◆ About this exercise: Bring together all lines from the listing below that contain the string "beta".

◆ Records provided:
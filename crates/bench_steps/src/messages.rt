// HTTP messages over a connection in memory.
//
//     serve COUNT     reads COUNT requests of a method call with a body of 200 bytes, and writes a response to each
//     route COUNT     the same, and each request is read as a command of the actors API before it is answered
//     copy COUNT      reads the bytes of as many requests in pieces and writes them back, without messages
//
// The count is how many requests or bytes there were.
use actor_names::default_space;
use actor_ports::{MemConn, Sink, Source};
use actors_api::{ApiCommand, ApiReply, Side, read_api, write_api};
use http_edge::{
    Bytes, HttpField, HttpFields, HttpRequest, HttpResponse, RequestReader, write_response,
};
use std::alloc::Global;

const HEAD: &[u8] =
    b"PUT /v1.0/actors/cart/42/method/add HTTP/1.1\r\nHost: 127.0.0.1:3500\r\nContent-Type: application/json\r\nContent-Length: 200\r\n\r\n";

const BODY: [u8; 200] = [b'7'; 200];

/// Does what `mode` says and answers the count; `None` if memory ran out, or if the words make no sense.
pub fn run(alloc: Global, mode: &str, count: &str) -> Option<u64> {
    let conn = connection(alloc, count.parse::<u64>().ok()?)?;
    match mode {
        "serve" => serve_all(alloc, conn, false),
        "route" => serve_all(alloc, conn, true),
        "copy" => copy_all(alloc, conn),
        _ => None,
    }
}

/// A connection over which so many requests come.
fn connection(alloc: Global, count: u64) -> Option<MemConn> {
    let mut text = Vec::new(alloc);
    for _ in 0..count {
        text.extend_from_slice(HEAD).ok()?;
        text.extend_from_slice(&BODY).ok()?;
    }
    MemConn::new(alloc, text.as_slice(), &[]).ok()
}

fn serve_all(alloc: Global, conn: MemConn, routes: bool) -> Option<u64> {
    let mut conn = conn;
    let mut reader = RequestReader::new(alloc);
    for served in 0..u64::MAX {
        match reader.read(&mut conn) {
            Ok(Some(request)) if routes => answer_routed(alloc, request, &mut conn)?,
            Ok(Some(request)) => answer(alloc, request, &mut conn)?,
            Ok(None) => return Some(served),
            Err(_) => return None,
        }
    }
    None
}

/// Writes a response that has the body of the request.
fn answer(alloc: Global, request: HttpRequest, conn: &mut MemConn) -> Option<()> {
    let response = HttpResponse {
        status: 200,
        fields: content_type(alloc)?,
        body: request.body,
    };
    write_response(alloc, &response, conn).ok()
}

/// Writes the response of an application that gives the request's body back, if the request is a call of a method.
fn answer_routed(alloc: Global, request: HttpRequest, conn: &mut MemConn) -> Option<()> {
    let Ok(ApiCommand::Invoke { .. }) = read_api(alloc, &default_space(), Side::Caller, &request, 0)
    else {
        return None;
    };
    let reply = HttpResponse {
        status: 200,
        fields: content_type(alloc)?,
        body: request.body,
    };
    let response = write_api(alloc, Side::Caller, ApiReply::Invoked { reply }).ok()?;
    write_response(alloc, &response, conn).ok()
}

fn content_type(alloc: Global) -> Option<HttpFields> {
    let name = Bytes::from_slice(alloc, b"Content-Type").ok()?;
    let value = Bytes::from_slice(alloc, b"application/json").ok()?;
    let mut fields = Vec::new(alloc);
    fields.push(HttpField { name, value }).ok()?;
    Some(HttpFields::from_vec(fields))
}

fn copy_all(alloc: Global, conn: MemConn) -> Option<u64> {
    let mut conn = conn;
    let mut piece = Vec::new(alloc);
    let mut done = 0u64;
    for _ in 0..u64::MAX {
        piece.clear();
        match conn.read(&mut piece, 16_384) {
            Ok(0) => return Some(done),
            Ok(got) => done = done.saturating_add(got as u64),
            Err(_) => return None,
        }
        conn.write(piece.as_slice()).ok()?;
    }
    None
}
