// A step that is tried on a copy of the placement, so that it can be given up, and one that needs no copy.
ghost use Rattle.std.specs.Prelude.{◌≡◌, ◌≢◌, IfOk, IfSome};
ghost use Rattle.placement_node.specs.Ranges.{EventFits, StateFits};
ghost use Rattle.placement_node.specs.Trials.{IsQuiet, Tries};

use crate::answer::{event_space, reply_of};
use crate::reply::NodeReply;
use actor_names::{Member, OutOfMemory};
use placement_core::Placement;
use round_core::{PlaceEvent, PlaceReply};
use std::alloc::Global;

/// A placement after a step that was tried, and the answer to the step.
#[derive(Drop)]
pub(crate) struct Tried {
    pub(crate) placement: Placement,
    pub(crate) answer: NodeReply,
}

// A reply other than that memory ran out.
fn had_memory(reply: PlaceReply) -> Option<PlaceReply>
    ensures { IfSome result (λ r. (r ≡ reply) × (reply ≢ PlaceReply.OutOfMemory)) }
{
    match reply {
        PlaceReply::OutOfMemory => None,
        reply => Some(reply),
    }
}

// The member whose Beat it is; `None` if it is another event.
fn beat_of(event: &PlaceEvent) -> Option<Member>
    ensures { IfSome result (λ member. event.now ≡ PlaceEvent.Beat member) }
{
    match event {
        PlaceEvent::Beat { member } => Some(*member),
        _ => None,
    }
}

/// The answer to a Beat that changes nothing but the moment at which its member was heard, unless there is no memory for
/// it. `None` if it is another event, or one that may change more.
pub(crate) fn quiet_answer(
    alloc: Global,
    placement: &Placement,
    event: &PlaceEvent,
) -> Option<Result<NodeReply, OutOfMemory>>
    requires sent { EventFits event.now }
    requires kept { StateFits placement.now.state }
    ensures { IfSome result (λ made. IfOk made (λ answer. IsQuiet placement.now.state event.now answer)) }
{
    let _rooms = placement.rooms();
    let member = beat_of(event)?;
    let reply = placement.beat_reply(&member)?;
    Some(reply_of(alloc, placement, &member.space, reply))
}

/// Tries a step on a copy of the placement. `None` if there is no memory.
pub(crate) fn try_step(
    alloc: Global,
    placement: &Placement,
    event: PlaceEvent,
    now: u64,
) -> Option<Tried>
    requires sent { EventFits event }
    requires kept { StateFits placement.now.state }
    ensures { IfSome result (λ tried. Tries event now placement.now.state tried.placement tried.answer) }
{
    let _rooms = placement.rooms();
    let space = event_space(&event);
    let Ok(mut trial) = placement.copy(alloc) else {
        return None;
    };
    let reply = had_memory(trial.step(event, now))?;
    let _rooms = trial.rooms();
    match reply_of(alloc, &trial, &space, reply) {
        Ok(answer) => Some(Tried {
            placement: trial,
            answer,
        }),
        Err(_) => None,
    }
}
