// One part and one table.
//
//     key ACTORS ROUNDS       ROUNDS keys are made, of ACTORS actors in turn
//     ask ACTORS ROUNDS       the same, and each actor's call begins and ends, among ACTORS active actors
//     hold ACTORS ROUNDS      the same, and each actor is held and released
//     poll ACTORS ROUNDS      ROUNDS looks at one open call, among ACTORS active actors
//     tick ACTORS ROUNDS      ROUNDS ticks after a new table
//     unlock ACTORS ROUNDS    ROUNDS rounds of one table, over ACTORS active actors
//     close ACTORS ROUNDS     ROUNDS actors at most are deactivated, of ACTORS active ones
//     hash HOSTS ROUNDS       ROUNDS ids are hashed; HOSTS is ignored
//     owner HOSTS ROUNDS      ROUNDS owners are looked up in a table of HOSTS hosts of one type
//     owners HOSTS ROUNDS     the same in a table of HOSTS hosts of 32 types
//     sort HOSTS ROUNDS       the points of HOSTS hosts are hashed and sorted, ROUNDS times
//     build HOSTS ROUNDS      a table of HOSTS hosts of one type is built, ROUNDS times
//     limits ACTORS HOSTS     a call of each of ACTORS actors begins at an Unlock, ends at a Tick, and again at a
//                             StopPart; an owner is looked up in a table of HOSTS hosts of 32 types
//
// The count is how many of these there were, of `limits` how many actors.
mod actors;
mod calls;
mod limits;
mod rounds;
mod tables;

pub(crate) use actors::open_part;
use std::alloc::Global;

/// Does what `mode` says and answers the count; `None` if memory ran out, or if the words make no sense.
pub fn run(alloc: Global, mode: &str, many: &str, rounds: &str) -> Option<u64> {
    let many = many.parse::<u32>().ok()?;
    let rounds = rounds.parse::<u32>().ok()?;
    let count = trial(alloc, mode, many, rounds)?;
    Some(count as u64)
}

fn trial(alloc: Global, mode: &str, many: u32, rounds: u32) -> Option<u32> {
    match mode {
        "key" => calls::make_keys(alloc, many, rounds),
        "ask" => calls::ask_all(alloc, many, rounds),
        "hold" => calls::hold_all(alloc, many, rounds),
        "poll" => calls::poll_one(alloc, many, rounds),
        "tick" => rounds::tick_all(alloc, many, rounds),
        "unlock" => rounds::unlock_all(alloc, many, rounds),
        "close" => rounds::close_all(alloc, many, rounds),
        "hash" => tables::hash_ids(alloc, rounds),
        "owner" => tables::find_owners(alloc, many, 1, rounds),
        "owners" => tables::find_owners(alloc, many, 32, rounds),
        "sort" => tables::sort_points(alloc, many, rounds),
        "build" => tables::build_tables(alloc, many, rounds),
        "limits" => limits::run_all(alloc, many, rounds),
        _ => None,
    }
}
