// Lines written for C hosts: numbers and byte slices alone, and one number for an answer.
#![tactic(auto)]

ghost use Rattle.printer.specs.Sheets as sheets;
ghost use Rattle.writing.specs.Write as specs;
ghost use Rattle.std.specs.Prelude.{◌≡◌};

use atom::record::{Factors, Position};
use crystal::record::Cell;
use line::columns::Columns;
use printer::atoms::{write_anisou, write_atom};
use printer::bare::{Bare, write_bare, write_model};
use printer::rows::{write_mtrix, write_origx, write_scale};
use printer::unit_cell::write_cell;
use sheet::Unwritten;
use transformation::record::Transformation;

// The name of a record, which of another kind doesn't fit.
const NAME: Columns = Columns { start: 0, end: 6 };

// An answer as one number: 0 for a line, or a refusal's number, place and length.
fn packed(written: Result<(), Unwritten>) -> u64
    ensures { result ≡ specs.packed written }
{
    let Err(why) = written else {
        return 0;
    };
    match why {
        Unwritten::NoFit(at) => {
            let width = at.width() as u64;
            9 * 281474976710656 + at.start as u64 * 4294967296 + width
        }
        Unwritten::NoRoom => 8 * 281474976710656 + 80,
    }
}

pub fn pack_atom(
    hetero: u32,
    serial: u64,
    name: &[u8],
    alternate: &[u8],
    residue: &[u8],
    chain: &[u8],
    number: i64,
    insertion: &[u8],
    x: f64,
    y: f64,
    z: f64,
    occupancy: f64,
    bfactor: f64,
    segment: &[u8],
    element: &[u8],
    charge: i64,
    places: &[u8],
    out: &mut [u8],
) -> u64
    ensures { specs.Packs out.old (specs.atom_by hetero (sheets.label serial name.now alternate.now residue.now chain.now number insertion.now segment.now element.now charge) x y z occupancy bfactor places.now) result out.new }
{
    packed(write_atom(
        hetero != 0,
        serial,
        name,
        alternate,
        residue,
        chain,
        number,
        insertion,
        Position { x, y, z },
        occupancy,
        bfactor,
        segment,
        element,
        charge,
        places,
        out,
    ))
}

pub fn pack_anisou(
    serial: u64,
    name: &[u8],
    alternate: &[u8],
    residue: &[u8],
    chain: &[u8],
    number: i64,
    insertion: &[u8],
    u11: f64,
    u22: f64,
    u33: f64,
    u12: f64,
    u13: f64,
    u23: f64,
    segment: &[u8],
    element: &[u8],
    charge: i64,
    out: &mut [u8],
) -> u64
    ensures { specs.Packs out.old (specs.anisou_by (sheets.label serial name.now alternate.now residue.now chain.now number insertion.now segment.now element.now charge) u11 u22 u33 u12 u13 u23) result out.new }
{
    packed(write_anisou(
        serial,
        name,
        alternate,
        residue,
        chain,
        number,
        insertion,
        Factors {
            u11,
            u22,
            u33,
            u12,
            u13,
            u23,
        },
        segment,
        element,
        charge,
        out,
    ))
}

pub fn pack_cell(
    a: f64,
    b: f64,
    c: f64,
    alpha: f64,
    beta: f64,
    gamma: f64,
    group: &[u8],
    z: u64,
    places: &[u8],
    out: &mut [u8],
) -> u64
    ensures { specs.Packs out.old (specs.cell_by a b c alpha beta gamma group.now z places.now) result out.new }
{
    packed(write_cell(
        Cell {
            a,
            b,
            c,
            alpha,
            beta,
            gamma,
        },
        group,
        z,
        places,
        out,
    ))
}

// Serial and given count for MTRIX alone.
pub fn pack_row(
    family: u32,
    row: u64,
    serial: u64,
    a: f64,
    b: f64,
    c: f64,
    d: f64,
    given: u32,
    places: &[u8],
    out: &mut [u8],
) -> u64
    ensures { specs.Packs out.old (specs.row_by family row serial a b c d given places.now) result out.new }
{
    let values = Transformation { a, b, c, d };
    if family == 0 {
        return packed(write_scale(row as usize, values, places, out));
    }
    if family == 1 {
        return packed(write_origx(row as usize, values, places, out));
    }
    if family == 2 {
        return packed(write_mtrix(row as usize, serial, values, given != 0, places, out));
    }
    packed(Err(Unwritten::NoFit(NAME)))
}

pub fn pack_model(number: u64, out: &mut [u8]) -> u64
    ensures { specs.Packs out.old (sheets.model_sheet number) result out.new }
{
    packed(write_model(number, out))
}

pub fn pack_bare(which: u32, out: &mut [u8]) -> u64
    ensures { specs.Packs out.old (specs.bare_by which) result out.new }
{
    if which == 0 {
        return packed(write_bare(Bare::Ter, out));
    }
    if which == 1 {
        return packed(write_bare(Bare::Endmdl, out));
    }
    if which == 2 {
        return packed(write_bare(Bare::End, out));
    }
    packed(Err(Unwritten::NoFit(NAME)))
}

◆ Response to this task:
    beta: f64,
    ensures { specs.Packs out.old (specs.cell_by a b c alpha beta gamma group.now z places.now) result out.new }
            beta,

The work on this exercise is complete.